The idea of our six senses not picking up on everything, I think, is correct. I mean, just look outside at some object that is not transparent, such as a mountain. You can clearly see the mountain, but what about the little concealed canyon half way up the mountain? It is obscured from your sight by the geometry of the mountain. The information about the existence of that canyon is clearly missing from your five senses due to the unique perspective at your location on the ground. However, say that your friend, Dr. Nash, is halfway up the mountain at a unique position, perhaps information about the existence of the little hidden canyon reaches his five senses, being that, he is located at a position that gives him the proper perspective to sense the canyon. However, from his position, he can not see the cliff on the opposite side of the mountain, but your position gives you the proper perspective to sense the cliff on the side of the mountain. So Dr. Nash has part of the information about the mountain of truth, and you have some of the information about the mountain of truth. The sum of the two truths is closer to the ultimate truth of the mountain.
You can tackle this from another perspective: Your senses does not give you information about the entire mountains surface; however, it does give you quite a bit of information about the mountain.

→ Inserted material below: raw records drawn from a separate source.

// The statements of the language (src/parser/mod.rs): the rules Line, Block and Class, which open each other, and Program above them. Each rule is
// one function that takes the running count of openings, raises it by one before it reads a token, and hands it on in every answer. The other
// functions read parts of rules, and open nothing.
//
// Contracts are those of the leaves: `Rules` for a rule, `Parts` for a part of one, `Lists` for the rest of a list; `Takes` for one token, `Guards` for an
// E and the Block behind it, `Newest` where a statement's node is the last that was written. A Line gives a list in the making (`a_growing`), a Block a list.
#![tactic(auto)]

ghost use Rattle.std.specs.Prelude.{◌≡◌, true, [], ◌∷◌, ◌<◌};
ghost use Rattle.grammar.specs.Sets.{mem};
ghost use Rattle.grammar.specs.Grammar.{call};
ghost use Rattle.token.specs.Code.{Elif};
ghost use Rattle.ast.specs.Kind as kind;
ghost use Rattle.pyhyeon.specs.Machine.{token, growing};
ghost use Rattle.pyhyeon.specs.Rules.{Line, Block, Class};
ghost use Rattle.pyhyeon.specs.Rules as rules;
ghost use Rattle.pyhyeon.specs.Tables.{lines_on};
ghost use Rattle.lookahead.specs.Tokens.{symbol_at};
ghost use Rattle.leaves.specs.Contract.{a_node, a_list, a_growing, Rules, Parts, Lists, Ready, Begun};
ghost use Rattle.simple.specs.Parts.{Newest};
ghost use Rattle.stmt.specs.Guards.{Guards};
ghost use Rattle.stmt.specs.Parts.{inside_on, indented_on, leading, member, others, class_body_lem, named_on, elifs_on, else_on, if_on, elif_on, while_on, for_on};

mod take;
mod whole;

use leaves::{Added, Parsed, Refused, State};
use simple::Gathered;
use take::{begins_lines, leads, take, take_name};
use token::{NodeNumber, TokenNumber};
pub use whole::program;

// "at most 64 E and Block open at once" (01, Questions).
const DEPTH: u32 = 64;

// What "E, Block" gives: the node of E, the first node of the Block and the state behind both.
#[derive(Clone, Copy)]
struct Clause(NodeNumber, NodeNumber, State);

// Line: class, def, if, while, for, or simples.
#[cycle(stmt)]
fn rule_line(src: &[u8], toks: &[u32], tree: &mut [u32], left: u32, s: State) -> Parsed
    requires ready { Ready src.now toks.now tree.old s 1 }
    requires begun { Begun src.now toks.now s Line }
    ensures { Rules src.now toks.now left Line a_growing s tree.old result tree.new }
{
    let up = State {
        opened: s.opened + 1,
        ..s
    };
    let on = leaves::past(up);
    match lookahead::symbol_at(src, toks, s.at) {
        token::CLASS => rule_class(src, toks, tree, left, up),
        token::DEF => named(src, toks, tree, left, ast::DEF, s.at, on),
        token::IF => cond(src, toks, tree, left, s.at, on),
        token::WHILE => again(src, toks, tree, left, s.at, on),
        token::FOR => each(src, toks, tree, left, s.at, on),
        _ => simple::simples(src, toks, tree, left, up),
    }
}

// Block, opened at its colon: one or more Newlines, Indent, Lines, Dedent; or simples. Room is asked for before the opening counts.
#[cycle(stmt)]
fn rule_block(src: &[u8], toks: &[u32], tree: &mut [u32], left: u32, s: State) -> Parsed
    requires ready { Ready src.now toks.now tree.old s 9 }
    requires begun { Begun src.now toks.now s Block }
    ensures { Rules src.now toks.now left Block a_list s tree.old result tree.new }
{
    if left == 0 {
        return Err(Refused::TooDeep(s));
    }
    let room = left - 1;
    let on = State {
        at: TokenNumber(s.at.0 + 1),
        opened: s.opened + 1,
        ..s
    };
    if lookahead::is_symbol(lookahead::symbol_at(src, toks, on.at), token::NEWLINE) {
        let at = lookahead::skip_newlines(src, toks, TokenNumber(on.at.0 + 1));
        indented(src, toks, tree, room, State { at, ..on })
    } else {
        simple::simples(src, toks, tree, room, on)
    }
}

// A Block, if the token there can begin one.
#[cycle(stmt)]
fn block(src: &[u8], toks: &[u32], tree: &mut [u32], left: u32, s: State) -> Parsed
    requires { Ready src.now toks.now tree.old s 9 }
    ensures { Parts src.now toks.now left (call Block) [] a_list s tree.old result tree.new }
{
    if lookahead::is_symbol(lookahead::symbol_at(src, toks, s.at), token::COLON) {
        rule_block(src, toks, tree, left, s)
    } else {
        Err(Refused::Misfit(s))
    }
}

// Indent, Lines or none, Dedent.
#[cycle(stmt)]
fn indented(src: &[u8], toks: &[u32], tree: &mut [u32], left: u32, s: State) -> Parsed
    requires { Ready src.now toks.now tree.old s 1 }
    ensures { Parts src.now toks.now left indented_on [] a_list s tree.old result tree.new }
{
    let on = take(src, toks, token::INDENT, s)?;
    let Added(first, after) = inside(src, toks, tree, left, on)?;
    let done = take(src, toks, token::DEDENT, after)?;
    Ok(Added(first, done))
}

// Lines with Newlines before them, or nothing.
#[cycle(stmt)]
fn inside(src: &[u8], toks: &[u32], tree: &mut [u32], left: u32, s: State) -> Parsed
    requires { Ready src.now toks.now tree.old s 1 }
    ensures { Parts src.now toks.now left inside_on [] a_list s tree.old result tree.new }
{
    if begins_lines(lookahead::symbol_at(src, toks, s.at)) {
        let at = lookahead::skip_newlines(src, toks, s.at);
        lines(src, toks, tree, left, State { at, ..s })
    } else {
        Ok(Added(NodeNumber(ast::NONE_NODE), s))
    }
}

// Lines each with Newlines after it: at least one. The answer's node is the first.
#[cycle(stmt)]
fn lines(src: &[u8], toks: &[u32], tree: &mut [u32], left: u32, s: State) -> Parsed
    requires { Ready src.now toks.now tree.old s 1 }
    ensures { Parts src.now toks.now left lines_on [] a_list s tree.old result tree.new }
{
    if !lookahead::begins_line(lookahead::symbol_at(src, toks, s.at)) {
        return Err(Refused::Misfit(s));
    }
    let mut gathered = None;
    let mut st = s;
    loop {
        let Added(n, after) = rule_line(src, toks, tree, left, st)?;
        let last = NodeNumber(after.nodes - 1);
        let at = lookahead::skip_newlines(src, toks, after.at);
        let on = State { at, ..after };
        let first = simple::append(tree, gathered, n, on);
        if !lookahead::begins_line(lookahead::symbol_at(src, toks, at)) {
            return Ok(Added(first, on));
        }
        gathered = Some(Gathered { first, last });
        st = on;
    }
}

// Class, opened at its keyword: name, colon, one or more Newlines, Indent, one or more Methods with no Newline between, Dedent.
#[cycle(stmt)]
fn rule_class(src: &[u8], toks: &[u32], tree: &mut [u32], left: u32, s: State) -> Parsed
    requires ready { Ready src.now toks.now tree.old s 9 }
    requires begun { Begun src.now toks.now s Class }
    ensures rules { Rules src.now toks.now left Class a_node s tree.old result tree.new }
    ensures newest { Newest result }
{
    let up = State {
        at: TokenNumber(s.at.0 + 1),
        opened: s.opened + 1,
        ..s
    };
    let named = take_name(src, toks, up)?;
    let colon = take(src, toks, token::COLON, named)?;
    let on = take(src, toks, token::NEWLINE, colon)?;
    let at = lookahead::skip_newlines(src, toks, on.at);
    class_body(src, toks, tree, left, s.at, up.at, State { at, ..on })
}

// Indent, one or more Methods, Dedent.
#[cycle(stmt)]
fn class_body(
    src: &[u8],
    toks: &[u32],
    tree: &mut [u32],
    left: u32,
    keyword: TokenNumber,
    name: TokenNumber,
    s: State,
) -> Parsed
    requires ready { Ready src.now toks.now tree.old s 1 }
    requires keyword_lt_at { (keyword.0 < s.at.0) × (name.0 < s.at.0) }
    ensures parts { Parts src.now toks.now left class_body_lem (token name.0 ∷ token keyword.0 ∷ []) a_node s tree.old result tree.new }
    ensures newest { Newest result }
{
    let on = take(src, toks, token::INDENT, s)?;
    let Added(n, after) = method(src, toks, tree, left, on)?;
    let Added(first, behind) = further(src, toks, tree, left, true, n, after)?;
    let done = take(src, toks, token::DEDENT, behind)?;
    Ok(stmt_leaves::put_class(toks, tree, keyword, name, first, done))
}

// A Method.
#[cycle(stmt)]
fn method(src: &[u8], toks: &[u32], tree: &mut [u32], left: u32, s: State) -> Parsed
    requires { Ready src.now toks.now tree.old s 1 }
    ensures { Parts src.now toks.now left (rules.definition kind.Method) [] a_node s tree.old result tree.new }
{
    let on = take(src, toks, token::DEF, s)?;
    named(src, toks, tree, left, ast::METHOD, s.at, on)
}

// A Def or Method after its keyword: name, names in parentheses, Block.
#[cycle(stmt)]
fn named(
    src: &[u8],
    toks: &[u32],
    tree: &mut [u32],
    left: u32,
    kind: u32,
    keyword: TokenNumber,
    s: State,
) -> Parsed
    requires ready { Ready src.now toks.now tree.old s 1 }
    requires keyword_lt_at { keyword.0 < s.at.0 }
    ensures parts { Parts src.now toks.now left (named_on kind) (token keyword.0 ∷ []) a_node s tree.old result tree.new }
    ensures newest { Newest result }
{
    let named = take_name(src, toks, s)?;
    let on = take(src, toks, token::LPAREN, named)?;
    let Added(names, after) = expr::names(src, toks, tree, on);
    let shut = take(src, toks, token::RPAREN, after)?;
    let Added(first, done) = block(src, toks, tree, left, shut)?;
    Ok(stmt_leaves::put_def(toks, tree, kind, keyword, s.at, names, first, done))
}

// E, and the Block behind it: what While, For, If and Elif have in common.
#[cycle(stmt)]
fn guarded(
    src: &[u8],
    toks: &[u32],
    tree: &mut [u32],
    left: u32,
    s: State,
) -> Result<Clause, Refused>
    requires { Ready src.now toks.now tree.old s 1 }
    ensures { Guards src.now toks.now left s tree.old result tree.new }
{
    let Added(test, after) = expr::enter(src, toks, tree, left, s)?;
    let Added(first, done) = block(src, toks, tree, left, after)?;
    Ok(Clause(test, first, done))
}

// While after its keyword: E, Block.
#[cycle(stmt)]
fn again(
    src: &[u8],
    toks: &[u32],
    tree: &mut [u32],
    left: u32,
    keyword: TokenNumber,
    s: State,
) -> Parsed
    requires ready { Ready src.now toks.now tree.old s 1 }
    requires keyword_lt_at { keyword.0 < s.at.0 }
    ensures parts { Parts src.now toks.now left while_on (token keyword.0 ∷ []) a_node s tree.old result tree.new }
    ensures newest { Newest result }
{
    let Clause(test, first, done) = guarded(src, toks, tree, left, s)?;
    Ok(stmt_leaves::put_while(toks, tree, keyword, test, first, done))
}

// For after its keyword: name, `in`, E, Block.
#[cycle(stmt)]
fn each(
    src: &[u8],
    toks: &[u32],
    tree: &mut [u32],
    left: u32,
    keyword: TokenNumber,
    s: State,
) -> Parsed
    requires ready { Ready src.now toks.now tree.old s 1 }
    requires keyword_lt_at { keyword.0 < s.at.0 }
    ensures parts { Parts src.now toks.now left for_on (token keyword.0 ∷ []) a_node s tree.old result tree.new }
    ensures newest { Newest result }
{
    let named = take_name(src, toks, s)?;
    let on = take(src, toks, token::IN, named)?;
    let Clause(range, first, done) = guarded(src, toks, tree, left, on)?;
    Ok(stmt_leaves::put_for(toks, tree, keyword, s.at, range, first, done))
}

// If after its keyword: E, Block, and its Elifs and its Else, which follow at once.
#[cycle(stmt)]
fn cond(
    src: &[u8],
    toks: &[u32],
    tree: &mut [u32],
    left: u32,
    keyword: TokenNumber,
    s: State,
) -> Parsed
    requires ready { Ready src.now toks.now tree.old s 1 }
    requires keyword_lt_at { keyword.0 < s.at.0 }
    ensures parts { Parts src.now toks.now left if_on (token keyword.0 ∷ []) a_node s tree.old result tree.new }
    ensures newest { Newest result }
{
    let Clause(test, first, after) = guarded(src, toks, tree, left, s)?;
    let Added(more, behind) = elifs(src, toks, tree, left, after)?;
    let Added(last, done) = other(src, toks, tree, left, behind)?;
    Ok(stmt_leaves::put_if(toks, tree, keyword, test, first, more, last, done))
}

// Elifs, or none.
#[cycle(stmt)]
fn elifs(src: &[u8], toks: &[u32], tree: &mut [u32], left: u32, s: State) -> Parsed
    requires { Ready src.now toks.now tree.old s 1 }
    ensures { Parts src.now toks.now left elifs_on [] a_list s tree.old result tree.new }
{
    if lookahead::is_symbol(lookahead::symbol_at(src, toks, s.at), token::ELIF) {
        let Added(n, after) = elif(src, toks, tree, left, s)?;
        further(src, toks, tree, left, false, n, after)
    } else {
        Ok(Added(NodeNumber(ast::NONE_NODE), s))
    }
}

// The Methods, or the Elifs, after the first: each is linked to the one before it.
#[cycle(stmt)]
fn further(
    src: &[u8],
    toks: &[u32],
    tree: &mut [u32],
    left: u32,
    methods: bool,
    first: NodeNumber,
    s: State,
) -> Parsed
    requires ready { Ready src.now toks.now tree.old s 1 }
    requires first_lt_nodes { first.0 < s.nodes }
    ensures { Lists src.now toks.now left (others methods) (growing first.0 first.0 ∷ []) s tree.old result tree.new }
{
    let mut last = first;
    let mut st = s;
    while leads(lookahead::symbol_at(src, toks, st.at), methods) {
        let Added(n, after) = member(src, toks, tree, left, methods, st)?;
        leaves::link(tree, last, n, after);
        last = n;
        st = after;
    }
    Ok(Added(first, st))
}

// A Method, or an Elif, at its keyword.
#[cycle(stmt)]
fn member(src: &[u8], toks: &[u32], tree: &mut [u32], left: u32, methods: bool, s: State) -> Parsed
    requires ready { Ready src.now toks.now tree.old s 1 }
    requires methods_value { mem (symbol_at src.now toks.now s.at.0) (leading methods ∷ []) ≡ true }
    ensures { Parts src.now toks.now left (member methods) [] a_node s tree.old result tree.new }
{
    if methods {
        method(src, toks, tree, left, s)
    } else {
        elif(src, toks, tree, left, s)
    }
}

// An Elif, at its keyword: E, Block.
#[cycle(stmt)]
fn elif(src: &[u8], toks: &[u32], tree: &mut [u32], left: u32, s: State) -> Parsed
    requires ready { Ready src.now toks.now tree.old s 1 }
    requires at_value { mem (symbol_at src.now toks.now s.at.0) (Elif ∷ []) ≡ true }
    ensures { Parts src.now toks.now left elif_on [] a_node s tree.old result tree.new }
{
    let Clause(test, first, done) = guarded(src, toks, tree, left, leaves::past(s))?;
    Ok(stmt_leaves::put_elif(toks, tree, s.at, test, first, done))
}

// An Else as a list of one, or none.
#[cycle(stmt)]
fn other(src: &[u8], toks: &[u32], tree: &mut [u32], left: u32, s: State) -> Parsed
    requires { Ready src.now toks.now tree.old s 1 }
    ensures { Parts src.now toks.now left else_on [] a_list s tree.old result tree.new }
{
    if lookahead::is_symbol(lookahead::symbol_at(src, toks, s.at), token::ELSE) {
        let Added(first, done) = block(src, toks, tree, left, leaves::past(s))?;
        Ok(stmt_leaves::put_else(toks, tree, s.at, first, done))
    } else {
        Ok(Added(NodeNumber(ast::NONE_NODE), s))
    }
}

It may be possible in some cases to piece together the information in order to deduce a consistent, unchanging, pattern. Say you have 78% of the information about the one side of the mountain you are viewing. Suppose that when you piece together that data, you find a solid pattern that defines all 78% of the information that you have collected via your senses. Then you may formulate an equation to define the data you have collected. In such a case, it is reasonable to hypothesize that the other 22% may be ascertained without the use of your senses by merely plugging in your equation to solve for the missing data.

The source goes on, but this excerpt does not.